REQUIRED WORK — From the first record below to the last, retype each one exactly.

MATERIAL TO PROCESS —
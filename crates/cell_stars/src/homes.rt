//! The buckets in which the vertices of cells lie, found once for an exchange: by them it is told of each bucket which
//! cells touch it.

ghost use Rattle.std.specs.Prelude.{◌≡◌, IfOk};
ghost use Rattle.point_order.specs.Sets.{is_among};
ghost use Rattle.cell_stars.specs.Homes.{AreHomes, AreHomesAt, home_in};
ghost use Rattle.cell_stars.specs.Places.{touches_in};
ghost use Rattle.cell_stars.specs.Swaps.{touches as touches_of};

use crate::cells::Cells;
use crate::order::touches;
use crate::stock::{Stock, list_of};
use bucket_grid::Grid;
use point_order::Cell;
use std::alloc::{AllocError, Global};

// The numbers of the buckets of a cell's vertices; of three the first one's again.
pub(crate) type Home = [u32; 4];

// The homes of some cells in a grid.
#[derive(Drop)]
pub(crate) struct Homes {
    pub(crate) grid: Grid,
    pub(crate) list: Vec<Home>,
}

// The home of the cell.
fn home_of(grid: Grid, cell: &Cell) -> Home
    ensures { result ≡ home_in grid cell.now }
{
    match cell {
        Cell::Full(quad) => {
            let (a, b, c, d) = quad.corners();
            [
                grid.bucket_of(a),
                grid.bucket_of(b),
                grid.bucket_of(c),
                grid.bucket_of(d),
            ]
        }
        Cell::Open(tri) => {
            let (a, b, c) = tri.corners();
            let first = grid.bucket_of(a);
            [first, grid.bucket_of(b), grid.bucket_of(c), first]
        }
    }
}

// Whether the bucket is one of the home's.
fn has_bucket(home: &Home, number: u32) -> bool
    ensures { result ≡ is_among number home.now }
{
    let [a, b, c, d] = *home;
    a == number || b == number || c == number || d == number
}

impl Homes {
    // The homes of the cells.
    pub(crate) fn of(
        alloc: Global,
        stock: &mut Stock,
        grid: Grid,
        cells: &[Cell],
    ) -> Result<Homes, AllocError>
        ensures { IfOk result (λ homes. AreHomes (homes.grid, homes.list.items) cells.now) }
    {
        let mut list = list_of(&mut stock.homes, alloc, cells.len())?;
        for cell in cells {
            list.push(home_of(grid, cell))?;
        }
        Ok(Homes { grid, list })
    }
}

// Whether a finite vertex of the cell lies in the bucket with the number, where its home is the one at the place.
fn touches_by(homes: &Homes, at: usize, grid: Grid, number: u32, cell: &Cell) -> bool
    requires { AreHomesAt homes.now.grid homes.now.list.items at cell.now }
    ensures { result ≡ touches_of grid number cell.now }
{
    if grid.size() == homes.grid.size() && at < homes.list.len() {
        has_bucket(&homes.list[at], number)
    } else {
        touches(grid, number, cell)
    }
}

impl Cells {
    // Whether a finite vertex of the cell lies in the bucket, where its home is the one at the place.
    pub(crate) fn is_touched_by(&self, homes: &Homes, at: usize, cell: &Cell) -> bool
        requires { AreHomesAt homes.now.grid homes.now.list.items at cell.now }
        ensures { result ≡ touches_in self.now.place cell.now }
    {
        match self.place() {
            Some((grid, number)) => touches_by(homes, at, grid, number, cell),
            None => false,
        }
    }
}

EXPECTED ANSWER —
filename crates/cell_stars/src/homes.rt
//! The buckets in which the vertices of cells lie, found once for an exchange: by them it is told of each bucket which
//! cells touch it.

ghost use Rattle.std.specs.Prelude.{◌≡◌, IfOk};
ghost use Rattle.point_order.specs.Sets.{is_among};
ghost use Rattle.cell_stars.specs.Homes.{AreHomes, AreHomesAt, home_in};
ghost use Rattle.cell_stars.specs.Places.{touches_in};
ghost use Rattle.cell_stars.specs.Swaps.{touches as touches_of};

use crate::cells::Cells;
use crate::order::touches;
use crate::stock::{Stock, list_of};
use bucket_grid::Grid;
use point_order::Cell;
use std::alloc::{AllocError, Global};

// The numbers of the buckets of a cell's vertices; of three the first one's again.
pub(crate) type Home = [u32; 4];

// The homes of some cells in a grid.
#[derive(Drop)]
pub(crate) struct Homes {
    pub(crate) grid: Grid,
    pub(crate) list: Vec<Home>,
}

// The home of the cell.
fn home_of(grid: Grid, cell: &Cell) -> Home
    ensures { result ≡ home_in grid cell.now }
{
    match cell {
        Cell::Full(quad) => {
            let (a, b, c, d) = quad.corners();
            [
                grid.bucket_of(a),
                grid.bucket_of(b),
                grid.bucket_of(c),
                grid.bucket_of(d),
            ]
        }
        Cell::Open(tri) => {
            let (a, b, c) = tri.corners();
            let first = grid.bucket_of(a);
            [first, grid.bucket_of(b), grid.bucket_of(c), first]
        }
    }
}

// Whether the bucket is one of the home's.
fn has_bucket(home: &Home, number: u32) -> bool
    ensures { result ≡ is_among number home.now }
{
    let [a, b, c, d] = *home;
    a == number || b == number || c == number || d == number
}

impl Homes {
    // The homes of the cells.
    pub(crate) fn of(
        alloc: Global,
        stock: &mut Stock,
        grid: Grid,
        cells: &[Cell],
    ) -> Result<Homes, AllocError>
        ensures { IfOk result (λ homes. AreHomes (homes.grid, homes.list.items) cells.now) }
    {
        let mut list = list_of(&mut stock.homes, alloc, cells.len())?;
        for cell in cells {
            list.push(home_of(grid, cell))?;
        }
        Ok(Homes { grid, list })
    }
}

// Whether a finite vertex of the cell lies in the bucket with the number, where its home is the one at the place.
fn touches_by(homes: &Homes, at: usize, grid: Grid, number: u32, cell: &Cell) -> bool
    requires { AreHomesAt homes.now.grid homes.now.list.items at cell.now }
    ensures { result ≡ touches_of grid number cell.now }
{
    if grid.size() == homes.grid.size() && at < homes.list.len() {
        has_bucket(&homes.list[at], number)
    } else {
        touches(grid, number, cell)
    }
}

impl Cells {
    // Whether a finite vertex of the cell lies in the bucket, where its home is the one at the place.
    pub(crate) fn is_touched_by(&self, homes: &Homes, at: usize, cell: &Cell) -> bool
        requires { AreHomesAt homes.now.grid homes.now.list.items at cell.now }
        ensures { result ≡ touches_in self.now.place cell.now }
    {
        match self.place() {
            Some((grid, number)) => touches_by(homes, at, grid, number, cell),
            None => false,
        }
    }
}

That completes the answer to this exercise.